1. Identify what is motivating these feelings

It’s important to reemphasize how challenging it is to pick a medical field and that you’ve done nothing wrong if you’re now considering changing specialties during residency. The process of rotating through every specialty in medical school is long, and for any given specialty, you likely only interacted with a select group of individuals for a limited period of time. Furthermore, you may not have had the opportunity to spend time in certain fields like radiology, ophthalmology, or dermatology and understand what a career in these specialties is like. Once you start training, you of course learn more about your own field but also about others. You naturally may wonder if yours really is the best choice for you.

If you come to the conclusion that the path you’re on isn’t what you wanted, take a moment to breathe. Think about what you like and don’t like about your specialty and how long you will have to endure the less palatable parts. Even though residency is hard, it doesn’t last forever. This doesn’t mean that being an attending is easy, but it does mean that your day-to-day will change as you advance through your training and it may morph into the job you hoped for from the beginning.

2. Consider the career you truly want

If you’ve looked into the future and still have doubts about your field, reflect on what you do want with insights you’ve gained with time. Some questions to help guide this deliberation include:

  • Do you gravitate towards more or less acuity?
  • Do you like to work in inpatient or outpatient settings?
  • Which do you prefer: procedural work, cognitive work, or a mix of both?
  • Is your work-life balance sufficient, or do you need more time to spend time with loved ones?

The reality is you don’t even have to stay in medicine. Many non-clinical opportunities exist for physicians—this may not have been what you set out to do when starting medical school, but can be fulfilling all the same. There are many different roads you can take.

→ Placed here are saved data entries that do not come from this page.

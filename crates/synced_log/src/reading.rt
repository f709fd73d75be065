//! Reading a whole disk.
ghost use Rattle.std.specs.Prelude.{◌≡◌, ◌≤◌, length, is_err, IfOk, IfSome, OnOk, OnErr};
ghost use Rattle.craft_edge.specs.Causes.{Rose};
ghost use Rattle.craft_edge.specs.Disk.{max_len, WhereTold, OnlySeen};
ghost use Rattle.craft_edge.specs.DiskCalls.{Sync, after_call_of};
ghost use Rattle.synced_log.specs.Calls.{AreReadings, MakesOf, MakesOrFaults};
ghost use Rattle.synced_log.specs.Crashes.{LeavesOnly};
ghost use Rattle.synced_log.specs.Reading.{IsReadFault};

use crate::fault::OpenFault;
use craft_edge::{Disk, Failed};
use std::alloc::Global;

/// Reads the front of a disk into the buffer, up to its end or that of the buffer, and answers how many bytes there were.
fn fill<D: Disk>(disk: &mut D, buf: &mut [u8]) -> Result<usize, Failed>
    ensures within { IfOk result (λ n. n ≤ length buf.new) }
    ensures bytes { IfOk result (λ n. IfSome (D.seen disk.old) (λ file. length buf.old ≡ length file → (n ≡ length file) × (buf.new ≡ file))) }
    ensures seen { D.seen disk.new ≡ D.seen disk.old }
    ensures crash { LeavesOnly D.tells_crash D.tells_past D.moment D.may_leave D.left_since disk.old disk.new (D.may_leave disk.old) }
    ensures made { MakesOf (D.history disk.old) (D.history disk.new) AreReadings result }
    ensures later { D.faults disk.old ≤ D.faults disk.new }
    ensures cause { OnErr result (Rose (D.faults disk.old) (D.faults disk.new)) }
{
    let mut at = 0;
    while at < buf.len() {
        let count = disk.read_at(at as u64, &mut buf[at..])?;
        if count == 0 {
            return Ok(at);
        }
        at += count;
    }
    Ok(at)
}

/// All bytes of a disk.
pub fn read_all<D: Disk>(alloc: Global, disk: &mut D) -> Result<Vec<u8>, OpenFault>
    ensures bytes { IfOk result (λ bytes. IfSome (D.seen disk.old) (λ file. bytes.items ≡ file)) }
    ensures bound { IfOk result (λ bytes. length bytes.items ≤ max_len) }
    ensures seen { D.seen disk.new ≡ D.seen disk.old }
    ensures crash { LeavesOnly D.tells_crash D.tells_past D.moment D.may_leave D.left_since disk.old disk.new (D.may_leave disk.old) }
    ensures made { MakesOrFaults (D.history disk.old) (D.history disk.new) AreReadings AreReadings result }
    ensures later { D.faults disk.old ≤ D.faults disk.new }
    ensures cause { IsReadFault (Rose (D.faults disk.old) (D.faults disk.new)) result }
{
    let len = disk.len()?;
    let mut bytes = vec![in alloc; 0u8; len as usize]?;
    let count = fill(disk, &mut bytes)?;
    bytes.truncate(count);
    Ok(bytes)
}

/// Makes all of a disk last.
pub fn sync<D: Disk>(disk: &mut D) -> Result<(), Failed>
    ensures history { D.history disk.new ≡ after_call_of (D.history disk.old) Sync (is_err result) }
    ensures seen { D.seen disk.new ≡ D.seen disk.old }
    ensures durable { OnOk result (WhereTold (D.tells_crash disk.old) (OnlySeen (D.seen disk.old) (D.may_leave disk.new))) }
    ensures crash { LeavesOnly D.tells_crash D.tells_past D.moment D.may_leave D.left_since disk.old disk.new (D.may_leave disk.old) }
    ensures later { D.faults disk.old ≤ D.faults disk.new }
    ensures cause { OnErr result (Rose (D.faults disk.old) (D.faults disk.new)) }
{
    disk.sync()
}
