//! The journal: groups are added one by one, each of them whole or not at all.
ghost use Rattle.std.specs.Prelude.{◌≡◌, ◌≢◌, ◌<◌, ◌≤◌, ◌+◌, [], ◌∷◌, List, ℕ, length, IfOk, IfErr, OnOk, OnErr};
ghost use Rattle.craft_edge.specs.Causes.{Rose};
ghost use Rattle.craft_edge.specs.Disk.{WhereTold, OnlySeen, max_len, SameImages, StandsStill};
ghost use Rattle.craft_edge.specs.DiskCalls.{after_stop_of};
ghost use Rattle.synced_log.specs.Calls.{after_calls, AllMade, IsOpening, IsSyncedReading, MakesUpTo};
ghost use Rattle.synced_log.specs.Crashes.{BeginsWithSync, LeavesOnly, TellsSame};
ghost use Rattle.synced_log.specs.Journal.{owned};
ghost use Rattle.synced_log.specs.Standing.{CanAppendTo, Added, AddedOrNot, append_calls, Opens, Stays, FaultsAs};
ghost use Rattle.synced_log.specs.Stops.{StopsAppend};
ghost use Rattle.craft_base.specs.Shape.{members_of};

use crate::fault::OpenFault;
use crate::groups::Groups;
use crate::open::open_on;
use crate::steady::write_steadily;
use craft_base::{MemberId, Shape};
use craft_edge::{Disk, Failed, Stopping};
use entry_frames::Group;
use std::alloc::Global;
use std::marker::Model;

/// A journal on its disk, open: what a crash leaves of it is what was written.
#[derive(Drop)]
pub struct Journal<D: Disk> {
    disk: D,
    gate: u64,
}

impl<D: Disk> Model for Journal<D> {
    ghost use Rattle.synced_log.specs.Standing.{Standing, IsSettled};

    ghost Value = { Standing D };

    ghost view = { λ j. record { disk = j.disk; gate = j.gate } };

    ghost invariant = { λ j. IsSettled (D.tells_crash j.disk) (D.seen j.disk) (D.may_leave j.disk) j.gate };
}

impl<D: Disk> Journal<D> {
    /// Opens the journal on a disk, or creates one where the file was never born, and answers it with its groups. It begins with
    /// a sync. The only errors are a fault of the disk, the file's first fault and want of memory; the disk is then handed back.
    pub fn open(
        alloc: Global,
        disk: D,
        shape: &Shape,
        me: MemberId,
    ) -> Result<(Journal<D>, Groups), (OpenFault, D)>
        requires { me < members_of shape.now }

        // The file is as it was, unless it was never born, and these are its groups.
        ensures opened { IfOk result (λ x. Opens (D.seen disk) (D.seen x.0.disk) (owned shape.now me) x.0.gate x.1) }
        ensures shape { IfOk result (λ x. x.1.shape ≡ shape.now) }
        ensures fault { IfErr result (λ x. FaultsAs (D.seen disk) (owned shape.now me) x.0) }
        ensures durable { IfOk result (λ x. WhereTold (D.tells_crash disk) (OnlySeen (D.seen x.0.disk) (D.may_leave x.0.disk))) }

        // Once synced, a crash at any moment leaves the file as it was, or where it was never born one that isn't born yet or has
        // no groups.
        ensures any_moment { IfOk result (λ x. BeginsWithSync D.tells_crash D.tells_past D.moment D.may_leave D.left_since D.history disk x.0.disk
            (Stays (owned shape.now me) (D.seen disk))) }
        ensures any_moment_err { IfErr result (λ x. BeginsWithSync D.tells_crash D.tells_past D.moment D.may_leave D.left_since D.history disk x.1
            (Stays (owned shape.now me) (D.seen disk))) }

        // The device calls are a sync, then what reads the file, and where it was never born the steps of its creation, each a
        // write and a sync; up to and with the first that fails.
        ensures calls { IfOk result (λ x. AllMade (D.history disk) (D.history x.0.disk) (IsOpening (D.seen disk) (owned shape.now me))) }
        ensures calls_err { IfErr result (λ x. MakesUpTo x.0 (D.history disk) (D.history x.1) (IsOpening (D.seen disk) (owned shape.now me)) IsSyncedReading) }

        // The disk that is handed back tells what it told, and where it didn't fail a read gives what it gave.
        ensures told { IfOk result (λ x. TellsSame D.seen D.tells_crash D.tells_past D.history disk x.0.disk) }
        ensures told_err { IfErr result (λ x. TellsSame D.seen D.tells_crash D.tells_past D.history disk x.1) }
        ensures untouched { IfErr result (λ x. (x.0 ≡ OpenFault.DiskFault → ⊥) → D.seen x.1 ≡ D.seen disk) }

        ensures later { IfOk result (λ x. D.faults disk ≤ D.faults x.0.disk) }
        ensures later_err { IfErr result (λ x. D.faults disk ≤ D.faults x.1) }
        ensures cause { IfErr result (λ x. x.0 ≡ OpenFault.DiskFault → Rose (D.faults disk) (D.faults x.1)) }
    {
        let mut disk = disk;
        match open_on(alloc, &mut disk, shape, me) {
            Err(fault) => Err((fault, disk)),
            Ok((groups, gate)) => Ok((Journal { disk, gate }, groups)),
        }
    }

    /// Adds a group. It takes no memory, and answers `Err` only where the disk failed; then it hands the disk back, to be
    /// opened again.
    pub fn append(self, group: &Group) -> Result<Journal<D>, D>
        requires some { group.now ≢ [] }
        // Its records can be applied, in order, to the state to which the file opens.
        requires can { CanAppendTo (D.seen self.disk) self.gate group.now }

        ensures added { IfOk result (λ journal. Added (D.seen self.disk) (D.seen journal.disk) self.gate group.now journal.gate) }

        // From then on each crash leaves that file.
        ensures durable { IfOk result (λ journal. WhereTold (D.tells_crash self.disk) (OnlySeen (D.seen journal.disk) (D.may_leave journal.disk))) }

        // A crash at any moment of the call leaves the groups from before it, with the new one or without.
        ensures any_moment { IfOk result (λ journal. LeavesOnly D.tells_crash D.tells_past D.moment D.may_leave D.left_since self.disk journal.disk
            (AddedOrNot (D.seen self.disk) self.gate group.now)) }
        ensures any_moment_err { IfErr result (λ disk. LeavesOnly D.tells_crash D.tells_past D.moment D.may_leave D.left_since self.disk disk
            (AddedOrNot (D.seen self.disk) self.gate group.now)) }

        // Just four device calls are made, up to and with the first that fails.
        ensures calls { IfOk result (λ journal. D.history journal.disk ≡ after_calls (D.history self.disk) (append_calls self.gate group.now)) }

        // Where the first or second failed, each crash from then on leaves the groups from before; where the third or fourth
        // did, it leaves them with the new one exactly where the byte at its gate is 1.
        ensures calls_err { IfErr result (λ disk. StopsAppend D.seen D.tells_crash D.may_leave D.history self.disk disk self.gate group.now) }

        // The disk that is handed back tells what it told.
        ensures told { IfOk result (λ journal. TellsSame D.seen D.tells_crash D.tells_past D.history self.disk journal.disk) }
        ensures told_err { IfErr result (λ disk. TellsSame D.seen D.tells_crash D.tells_past D.history self.disk disk) }

        ensures later { IfOk result (λ journal. D.faults self.disk ≤ D.faults journal.disk) }
        ensures later_err { IfErr result (λ disk. D.faults self.disk ≤ D.faults disk) }
        ensures cause { IfErr result (λ disk. Rose (D.faults self.disk) (D.faults disk)) }
    {
        let Journal { disk, gate } = self;
        let mut disk = disk;
        match add_group(&mut disk, gate, group) {
            Err(Failed) => Err(disk),
            Ok(next) => Ok(Journal { disk, gate: next }),
        }
    }

    /// The disk, as it stands.
    pub fn give_back(self) -> D
        ensures { result ≡ self.disk }
    {
        let Journal { disk, gate: _ } = self;
        disk
    }
}

impl<D: Stopping> Journal<D> {
    /// Tells the disk to stop.
    pub fn stop(&mut self, call: u8, keep: bool)
        requires { call ≢ 0 }
        ensures gate { self.new.gate ≡ self.old.gate }
        ensures history { D.history self.new.disk ≡ after_stop_of (D.history self.old.disk) call keep }
        ensures seen { D.seen self.new.disk ≡ D.seen self.old.disk }
        ensures crash { WhereTold (D.tells_crash self.old.disk) (SameImages (D.may_leave self.old.disk) (D.may_leave self.new.disk)) }
        ensures tells_crash { D.tells_crash self.new.disk ≡ D.tells_crash self.old.disk }
        ensures time { WhereTold (D.tells_past self.old.disk) (StandsStill (D.moment self.old.disk) (D.moment self.new.disk) (D.left_since self.old.disk) (D.left_since self.new.disk)) }
        ensures tells_past { D.tells_past self.new.disk ≡ D.tells_past self.old.disk }
        ensures faults { D.faults self.new.disk ≡ D.faults self.old.disk }
    {
        self.disk.stop(call, keep);
    }
}

/// Writes a group behind the closed gate at that offset, opens the gate, and answers the offset of the next one. The group and
/// the next gate, which is closed, are on the disk before the gate is opened.
fn add_group<D: Disk>(disk: &mut D, gate: u64, group: &Group) -> Result<u64, Failed>
    requires { gate ≤ max_len }
    ensures reach { IfOk result (λ next. next ≤ max_len) }
    ensures added { IfOk result (λ next. Added (D.seen disk.old) (D.seen disk.new) gate group.now next) }
    ensures durable { OnOk result (WhereTold (D.tells_crash disk.old) (OnlySeen (D.seen disk.new) (D.may_leave disk.new))) }
    ensures crash { WhereTold (D.tells_crash disk.old) (OnlySeen (D.seen disk.old) (D.may_leave disk.old))
        → LeavesOnly D.tells_crash D.tells_past D.moment D.may_leave D.left_since disk.old disk.new (AddedOrNot (D.seen disk.old) gate group.now) }
    ensures calls { OnOk result (D.history disk.new ≡ after_calls (D.history disk.old) (append_calls gate group.now)) }
    ensures calls_err { WhereTold (D.tells_crash disk.old) (OnlySeen (D.seen disk.old) (D.may_leave disk.old))
        → OnErr result (StopsAppend D.seen D.tells_crash D.may_leave D.history disk.old disk.new gate group.now) }
    ensures told { WhereTold (D.tells_crash disk.old) (OnlySeen (D.seen disk.old) (D.may_leave disk.old))
        → TellsSame D.seen D.tells_crash D.tells_past D.history disk.old disk.new }
    ensures later { D.faults disk.old ≤ D.faults disk.new }
    ensures cause { OnErr result (Rose (D.faults disk.old) (D.faults disk.new)) }
{
    let bytes = group.as_bytes();
    write_steadily(disk, gate + 1, bytes)?;
    write_steadily(disk, gate, &[1])?;
    Ok(gate + bytes.len() as u64)
}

3. Talk to your family, friends, and mentors

This might be the most important aspect of all of this. Even though you’re the only person who can answer the question of what will make you happy, it’s not easy and you can (and really should) ask for help. Talk to the people around you including the trusted family, friends, and mentors who have supported you this far and will support you going forward. Being able to discuss what you want to do for your life’s work can be validating, help combat feelings of guilt, and provide perspective.

4. Evaluate your options

Once you settle on a new course, the final step is investigating the opportunities available to you. While not abundant, advanced training positions do exist. Engage with your mentors about how to identify openings since they may not be advertised and how to connect with those programs. You will likely be asked for a CV and cover letter detailing your narrative and why you want to make a switch, invited for an interview with the program leadership, and hopefully then accepted into your new job.

You should know you may have to be flexible. First, depending on how far into your training you are when making the switch, you might have to repeat a year or multiple years of residency since you are starting anew in a different field. Of note, internal medicine intern years are standard across many fields, so you may not have to add any additional time if you interchange during this first year of residency among specialties that require one. Second, options in your new specialty of choice may not be available in the city where you live, so you may be asked to relocate to a different city.

5. Find confidence in your decision

You control your future. If you need to change course, you should do so without feeling guilty or worrying about disappointing others. Changing specialties during residency can be frightening and requires a bit of bravery, but ultimately it will be worth it if you need to realign what you’re doing with what you want to do. Identify and engage with the support you have in your life, learn what options exist for your new career, and make the switch.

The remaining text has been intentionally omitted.